İnternet ve televizyon gibi sanal ortamdaki ürün tanıtım ve alışverişlerinde “hileli satışa” dayalı bir sahtekârlık ve dolandırıcılık furyası almış başını gidiyor.
Hilekârlığın bol olduğu bir ülkede yaşıyoruz. Sahteciliğin ardı arkası kesilmiyor, azdıkça azıyor. Gün geçmiyor ki “yeni icat” sahtecilik olaylarıyla karşı karşıya kalmayalım. Özellikle “gıda ve sağlık” alanlardaki “sahte bal, sahte içki, sahte lokum, sahte cinsel uyarıcı ilaçlar, sahte çikolata, sahte peynir, sahte sucuk…” listesi uzayıp gidiyor. Hileciliğin neredeyse el atmadığı, girmediği sektör kalmamış.
Vatandaş şaşkınlık içerisinde, kime neye güveneceği konusunda kafası karışık! Yapılan araştırmalara göre sayısız yöntem kullanılarak ilginç hileler saptanmış. Sanal alemdeki tanıtıcı reklamlar, birer “mayın ve buby” tuzağına dönüşmüş durumda.
Yetkili ve ilgili ağızlardan gıda maddelerine eklenen kimyasal madde içerikli katkı maddelerinin insan hayatını tehlikeye soktuğu belirtiliyor.
“Gıda kodeksine uygun üretilmeyen insan sağlığını tehlikeye sokan gıda ürünlerini üretenler için taklit ve tağşiş (aldatma) fiilli eylemli risk oluşturan ürünlerin imha edileceği ve idari para cezalarının ağırlaştırılacağı” gündemdeymiş.

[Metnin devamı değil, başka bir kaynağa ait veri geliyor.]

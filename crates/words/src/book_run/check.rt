// The words of a book in turn, each with those before it.
ghost use Rattle.std.specs.Prelude.{◌≡◌, ◌+◌, ◌*◌, ◌<◌, ◌≤◌, length, IfSome, None};
ghost use Rattle.words.specs.Records.{is_member, is_rule};
ghost use Rattle.words.specs.Books.{fits, in_seat, last_before, members_before, numbered, rules_before, sits, stands, word_of, wrong_word, words_in};

use crate::book_run::words::Words;
use crate::member::is_member;
use crate::rule::is_rule;
use crate::tally::{MOST_MEMBERS, MOST_RULES, Tally};
use crate::word::{WORD_LEN, number_of, tail_of};

// The first words of a book, and how many members and rules there are among them.
#[derive(Drop)]
struct Before<'a> {
    book: &'a [u8],
    count: usize,
    last: Option<u32>,
    tally: Tally,
    ghost within: { 4 * count ≤ length book.now },
    ghost ends: { last ≡ last_before book.now count },
    ghost members: { tally.members ≡ members_before book.now count },
    ghost rules: { tally.rules ≡ rules_before book.now count },
}

impl<'a> Before<'a> {
    fn none(book: &'a [u8]) -> Before<'a>
        ensures book { result.book.now ≡ book.now }
        ensures count { result.count ≡ 0 }
    {
        Before {
            book,
            count: 0,
            last: None,
            tally: Tally::default(),
        }
    }

    // With the next word.
    fn with(&self, w: u32) -> Before<'a>
        requires within { 4 * self.now.count + 3 < length self.now.book.now }
        requires next { w ≡ word_of self.now.book.now self.now.count }
        ensures book { result.book.now ≡ self.now.book.now }
        ensures count { result.count ≡ self.now.count + 1 }
    {
        Before {
            book: self.book,
            count: self.count + 1,
            last: Some(w),
            tally: Tally {
                members: self.tally.members + usize::from(is_member(w)),
                rules: self.tally.rules + usize::from(is_rule(w)),
            },
        }
    }

    // Whether a member among them has the number or the port.
    fn has_seat(&self, number: u8, port: u16) -> bool
        ensures { result ≡ stands self.now.book.now self.now.count (in_seat number port) }
    {
        Words::of(self.book).take(self.count).any(|v| is_member(v)
            && (number_of(v) == number || tail_of(v) == port))
    }

    // Whether a member among them has the number.
    fn has_number(&self, number: u8) -> bool
        ensures { result ≡ stands self.now.book.now self.now.count (numbered number) }
    {
        Words::of(self.book)
            .take(self.count)
            .any(|v| is_member(v) && number_of(v) == number)
    }

    // Whether there is room for the word.
    fn seats(&self, w: u32) -> bool
        ensures { result ≡ sits self.now.book.now self.now.count w }
    {
        if is_member(w) {
            self.tally.members < MOST_MEMBERS && !self.has_seat(number_of(w), tail_of(w))
        } else {
            is_rule(w) && self.tally.rules < MOST_RULES && self.has_number(number_of(w))
        }
    }

    // Whether the word may follow them.
    fn fits(&self, w: u32) -> bool
        requires { w ≡ word_of self.now.book.now self.now.count }
        ensures { result ≡ fits self.now.book.now self.now.count }
    {
        self.last.is_none_or(|v| v < w) && self.seats(w)
    }
}

// How many members and rules there are among the words.
pub(crate) fn tally_words(book: &[u8]) -> Tally
    ensures members { result.members ≡ members_before book.now (words_in book.now) }
    ensures rules { result.rules ≡ rules_before book.now (words_in book.now) }
{
    let mut before = Before::none(book);
    for w in Words::of(book) {
        before = before.with(w);
    }
    before.tally
}

// The index of the first wrong word; a word cut short is one.
pub(crate) fn wrong_word(book: &[u8]) -> Option<usize>
    ensures first { result ≡ wrong_word book.now }
    ensures few { result ≡ None → length book.now ≤ 860 }
    ensures within { IfSome result (λ k. 4 * k ≤ length book.now) }
{
    let mut before = Before::none(book);
    for w in Words::of(book) {
        if !before.fits(w) {
            return Some(before.count);
        }
        before = before.with(w);
    }
    if book.len() % WORD_LEN == 0 {
        None
    } else {
        Some(before.count)
    }
}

Hileli ürünlere karşı caydırıcı önlem olarak idari para cezasıyla geçiştirmek çözüm değildir. Parayı ödeyen yine bildiğini okumaya, hileli ürün satmaya devam edecektir.
Saf ve bilgisiz vatandaşlar, sanal âlemdeki reklâmlara kanarak alış verişini yapıyor. Bu durumda halkın boşa giden parasını ve sağlığını kim koruyacak? Sözde ürün iadesi güvencesi verilen 70-80 liralık hileli ürünlerin parasını iade almak için başvurmaktansa, vatandaş hakkından vazgeçmek zorunda kalıyor. Çünkü “astarı yüzünden daha pahalıya” patlayacağını biliyor.
Böylece binlerce tüketicinin aldatılmasından elde edilen paralar satanın cebine iniyor, yanına kar kalıyor. Sonuçta “mağdurlar ordusu” yaratılıyor.
Para cezalarıyla caydırıcılık geçici ve etkisiz önlemlerdir. Yasalardaki boşluklar, hileler açık kapı bırakmaktadır. Bu şarlatanlarla baş etmek sonuçsuz kalıyorsa, kesin ve kalıcı çözümlerin bir an önce hayata geçirilmesi gerekmektedir.
Zira gasp edilen paralar bir yana, insan sağlığı üzerinden tehlikeli ve sakıncalı oyunlar oynanmaktadır.
Bu işin gittikçe tadı kaçıyor. Artık “Sahtecilik ekonomisi”ne dur demek ve bu fırsatçılara göz açtırmamak için harekete geçerek duyarlılık göstermenin zamanıdır.